No going back: Why decentralisation is the future for Syria - European Council on Foreign Relations

POLICY RECOMMENDATIONS

  • Syria should adopt a decentralised political system based on the transfer of power away from Damascus and towards the governorate and district levels. Kurdish regions should get a special status with enhanced powers, as part of asymmetric decentralisation.
  • While decentralisation is implemented and communities are recognised as political actors, the central state should retain a monopoly on a number of key sovereign attributes including defence, foreign affairs, and the printing of money.
  • Syria’s official name should no longer contain the word “Arab”. This symbolic move would be in line with the overwhelming number of Arabic countries, including Iraq and Lebanon, and would send a positive signal to non-Arab Syrians.
  • The state should teach all children from minority groups in their mother tongue. In Kurdish areas in the northeast, and Kurdish-majority districts of Damascus and Aleppo, schools should teach in Kurdish as well as Arabic.
  • The state should ensure that it uses its available tools to limit geographic disparities in economic development. For instance, access to employment in each governorate should be based on its share of the country’s total population. Where possible, the same rule should apply to public investments.
  • Oil export revenue should be reallocated, guaranteeing a proportion equal to each province’s population, on the principle that oil resources are equally owned by the entire country.
  • Sectarian and ethnic communities should get some form of political representation at the central level. A bicameral system could be a solution. However, the Russian proposal to appoint government members on the basis of their religious or ethnic affiliation would go too far in terms of institutionalising these divisions, and would be a recipe for gridlock.
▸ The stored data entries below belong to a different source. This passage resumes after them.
//! What a word says as an action.
ghost use Rattle.std.specs.Prelude.{◌≡◌, ◌≤◌, ◌<◌, ◌^◌, ◌++◌, IfOk, Ok, Err, Some, None, IfErr, OnOk};
ghost use Rattle.std.specs.List.{fold};
ghost use Rattle.of_ovs_words.specs.Actions.{actions_in_words, arrow_target as arrow_target_of, with_action_in_word, with_key as with_key_of, action_in_word as action_of, action_without_value as alone_of, controller_in as controller_of, is_drop_word as drops_of, verb_action as verb_action_of, is_beside_drop as is_with_drop, is_matched as is_matched_by, length_in as length_of, new_value as new_value_of, output_at as output_of, output_in as sent_to, push_vlan_in as push_vlan_of, set_field_by as set_of, set_field_in as set_field_of, tag_first, tags as tags_of, tags_after as tags_behind, truncates as truncates_at};
ghost use Rattle.of_ovs_words.specs.{Outcomes.through_words, Words.words_from, Stops.IfRefused, Stops.Stops, declared.stop.Stop.TheVariants.NoMemory};
ghost use Rattle.of_wire.specs.declared.limits.TheConstants.{OFPCML_NO_BUFFER};

use crate::action_word::{ActionWord, Verb};
use crate::field_word::{FieldWord, Form, Target};
use crate::lists::push_one;
use crate::numbers::{number_in, numbered};
use crate::port::port_in;
use crate::setting::{field_for, fitting_in, last};
use crate::stop::Stop;
use crate::why::Why;
use crate::words::{cut_word, name_of, value_of};
use of_actions::Action;
use of_layers::Field;
use of_lines::{cut, is};
use of_oxm::MatchField;
use of_wire::limits::{OFPCML_NO_BUFFER, OFPP_CONTROLLER};
use std::alloc::AllocError;

// A word of controller(max_len=128,id=0,reason=action), after this length.
#[tactic(auto, unfolding(crate::specs::Actions::with_key))]
fn with_key(len: u16, word: &[u8]) -> Result<u16, Why>
    ensures { result ≡ with_key_of len word.now }
{
    let name = name_of(word);
    let value = value_of(word);
    if is(name, b"max_len") {
        Ok(numbered(0x1_0000, value)? as u16)
    } else if is(name, b"id") && is(value, b"0") {
        Ok(len)
    } else if is(name, b"reason") && is(value, b"action") {
        Ok(len)
    } else {
        Err(Why::Unknown)
    }
}

fn length_by_keys(words: &[u8]) -> Result<u16, Why>
    ensures { result ≡ through_words with_key_of OFPCML_NO_BUFFER (words_from 0 words.now) }
{
    let mut len = OFPCML_NO_BUFFER;
    let mut rest = words;
    while !rest.is_empty() {
        let (word, after) = cut_word(rest);
        rest = after;
        if !word.is_empty() {
            match with_key(len, word) {
                Ok(next) => len = next,
                Err(why) => return Err(why),
            }
        }
    }
    Ok(len)
}

// The length in CONTROLLER, CONTROLLER:128 or controller(max_len=128).
fn length_in(value: &[u8]) -> Result<u16, Why>
    ensures { result ≡ length_of value.now }
{
    match number_in(0x1_0000, value) {
        Some(len) => Ok(len as u16),
        None => length_by_keys(value),
    }
}

fn controller_in(value: &[u8]) -> Result<Action, Why>
    ensures { result ≡ controller_of value.now }
{
    let max_len = length_in(value)?;
    Ok(Action::Output {
        port: OFPP_CONTROLLER,
        max_len,
    })
}

fn push_vlan_in(value: &[u8]) -> Result<Action, Why>
    ensures { result ≡ push_vlan_of value.now }
{
    match numbered(0x1_0000, value)? {
        0x8100 => Ok(Action::PushVlan(0x8100)),
        0x88a8 => Ok(Action::PushVlan(0x88a8)),
        _ => Err(Why::Value),
    }
}

// A value that a field is set to.
fn new_value(form: Form, field: Field, value: &[u8]) -> Result<u128, Why>
    ensures { result ≡ new_value_of form field value.now }
{
    let number = fitting_in(form, field, value)?;
    if form == Form::Vlan && number == 0 {
        return Err(Why::Value);
    }
    Ok(number)
}

fn set_by(settings: &[MatchField], target: Target, form: Form, value: &[u8]) -> Result<Action, Why>
    ensures { result ≡ set_of settings.now target form value.now }
{
    let field = field_for(target, settings).ok_or(Why::Protocol)?;
    let value = new_value(form, field, value)?;
    Ok(Action::SetField { field, value })
}

// The name of the field behind the minus sign of VALUE->FIELD.
fn arrow_target(arrow: &[u8]) -> &[u8]
    ensures { result.now ≡ arrow_target_of arrow.now }
{
    match arrow {
        [b'>', name @ ..] => name,
        _ => &[],
    }
}

// VALUE->FIELD
fn set_field_in(settings: &[MatchField], value: &[u8]) -> Result<Action, Why>
    ensures { result ≡ set_field_of settings.now value.now }
{
    let (value, arrow) = cut(value, b'-');
    match FieldWord::named(arrow_target(arrow)) {
        Some(word) => set_by(settings, word.target, word.form, value),
        None => Err(Why::Unknown),
    }
}

// A word without a value.
fn alone(value: &[u8], action: Option<Action>) -> Result<Option<Action>, Why>
    ensures { result ≡ alone_of value.now action }
{
    if value.is_empty() {
        Ok(action)
    } else {
        Err(Why::Unknown)
    }
}

// To a port, or why the word is none; a whole packet for the controller.
fn output_in(otherwise: Why, word: &[u8]) -> Result<Action, Why>
    ensures { result ≡ sent_to otherwise word.now }
{
    let port = port_in(otherwise, word)?;
    Ok(Action::Output {
        port,
        max_len: if port == OFPP_CONTROLLER {
            OFPCML_NO_BUFFER
        } else {
            0
        },
    })
}

// Whether it is output(port=2,max_len=100).
fn truncates(value: &[u8]) -> bool
    ensures { result ≡ truncates_at value.now }
{
    let name = name_of(value);
    is(name, b"port") || is(name, b"max_len")
}

fn output_at(value: &[u8]) -> Result<Action, Why>
    ensures { result ≡ output_of value.now }
{
    if truncates(value) {
        Err(Why::Truncates)
    } else {
        output_in(Why::PortName, value)
    }
}

// The action of a verb; none of `drop`.
#[tactic(auto, unfolding(crate::specs::Actions::verb_action))]
fn verb_action(settings: &[MatchField], verb: Verb, value: &[u8]) -> Result<Option<Action>, Why>
    ensures { result ≡ verb_action_of settings.now verb value.now }
{
    match verb {
        Verb::Output => output_at(value).map(Some),
        Verb::Controller => controller_in(value).map(Some),
        Verb::Group => Ok(Some(Action::Group(numbered(0x1_0000_0000, value)? as u32))),
        Verb::Drop => alone(value, None),
        Verb::PushVlan => push_vlan_in(value).map(Some),
        Verb::PopVlan => alone(value, Some(Action::PopVlan)),
        Verb::SetField => set_field_in(settings, value).map(Some),
        Verb::Mod(target, form) | Verb::Tag(target, form) => {
            set_by(settings, target, form, value).map(Some)
        }
        Verb::DecTtl => alone(value, Some(Action::DecNwTtl)),
        Verb::SetTtl => Ok(Some(Action::SetNwTtl(numbered(0x100, value)? as u8))),
        Verb::Write | Verb::Clear | Verb::Metadata | Verb::Goto | Verb::Resubmit => {
            Err(Why::Unknown)
        }
    }
}

// A word that is no verb is a port.
fn action_in(settings: &[MatchField], word: &[u8]) -> Result<Option<Action>, Why>
    ensures { result ≡ action_of settings.now word.now }
{
    match ActionWord::named(name_of(word)) {
        Some(named) => verb_action(settings, named.verb, value_of(word)),
        None => output_in(Why::Unknown, word).map(Some),
    }
}

// Whether the match says that there is a tag.
fn is_matched(settings: &[MatchField]) -> bool
    ensures { result ≡ is_matched_by settings.now }
{
    match last(settings, Field::VlanVid) {
        Some(e) => e.value >= 0x1000,
        None => false,
    }
}

// How many tags there are after an action, of so many before it.
fn tags_after(count: usize, action: Action) -> usize
    ensures { result ≡ tags_behind count action }
{
    match action {
        Action::PushVlan(_) => count.saturating_add(1).min(128),
        Action::PopVlan => count.saturating_sub(1),
        _ => count,
    }
}

fn count_tags(count: usize, actions: &[Action]) -> usize
    ensures { result ≡ fold tags_behind count actions.now }
{
    actions
        .iter()
        .fold(count, |count, action| tags_after(count, *action))
}

// Whether the word asks for a tag.
fn tags(word: &[u8]) -> bool
    ensures { result ≡ tags_of word.now }
{
    match ActionWord::named(name_of(word)) {
        Some(named) => matches!(named.verb, Verb::Tag(_, _)),
        None => false,
    }
}

/// Whether the word is `drop`.
pub fn drops(word: &[u8]) -> bool
    ensures { result ≡ drops_of word.now }
{
    match ActionWord::named(name_of(word)) {
        Some(named) => matches!(named.verb, Verb::Drop),
        None => false,
    }
}

// Appends a tag, where the word asks for one and there is none after the actions before.
fn push_tag(
    settings: &[MatchField],
    earlier: &[Action],
    done: &mut Vec<Action>,
    word: &[u8],
) -> Result<(), AllocError>
    ensures { OnOk result (done.new.items ≡ done.old.items ++ tag_first settings.now earlier.now done.old.items word.now) }
{
    if tags(word) {
        let matched = if is_matched(settings) { 1 } else { 0 };
        let count = count_tags(count_tags(matched, earlier), done);
        if count == 0 {
            done.push(Action::PushVlan(0x8100))?;
        }
    }
    Ok(())
}

fn is_beside_drop(dropped: bool, done: &[Action], word: &[u8]) -> bool
    ensures { result ≡ is_with_drop dropped done.now word.now }
{
    dropped || drops(word) && !done.is_empty()
}

/// Appends what a word says as an action, after these settings of the match and the lists before; whether it is `drop`. A word that is
/// refused leaves the actions as they were.
#[tactic(auto, unfolding(crate::specs::Actions::with_action_in_word))]
pub fn push_action(
    settings: &[MatchField],
    earlier: &[Action],
    dropped: bool,
    done: &mut Vec<Action>,
    word: &[u8],
) -> Result<bool, Stop>
    ensures added { IfOk result (λ drop. with_action_in_word settings.now earlier.now dropped done.old.items word.now ≡ Ok (drop, done.new.items)) }
    ensures stopped { IfErr result (Stops (with_action_in_word settings.now earlier.now dropped done.old.items word.now)) }
    ensures same { IfErr result (IfRefused (done.new.items ≡ done.old.items)) }
{
    if is_beside_drop(dropped, done, word) {
        return Err(Stop::Refused(Why::Alone));
    }
    let action = action_in(settings, word)?;
    push_tag(settings, earlier, done, word)?;
    push_one(done, action)?;
    Ok(drops(word))
}

/// Appends what words say as actions.
pub fn push_actions(
    settings: &[MatchField],
    earlier: &[Action],
    done: &mut Vec<Action>,
    words: &[u8],
) -> Result<(), Stop>
    ensures added { IfOk result (λ _. actions_in_words settings.now earlier.now done.old.items (words_from 0 words.now) ≡ Ok done.new.items) }
    ensures stopped { IfErr result (Stops (actions_in_words settings.now earlier.now done.old.items (words_from 0 words.now))) }
{
    let mut dropped = false;
    let mut rest = words;
    while !rest.is_empty() {
        let (word, after) = cut_word(rest);
        rest = after;
        if !word.is_empty() {
            match push_action(settings, earlier, dropped, done, word) {
                Ok(drop) => dropped = drop,
                Err(stop) => return Err(stop),
            }
        }
    }
    Ok(())
}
Instead, community representation should be pushed at the legislative level, in an upper house tasked with monitoring and control and with preventing discrimination. At the executive level, there should be no appointments or allocation of official positions based on sectarian or ethnic affiliations.

bth: this is their recommendation. The article is worth a full read especially the polling data. Frankly I do not see how these recommendations will be implemented when one looks at the polling data which shows the regime held territories to be against decentralization and the arab populations regardless of area of control opposed to power sharing. These key matters appear to remain unresolved.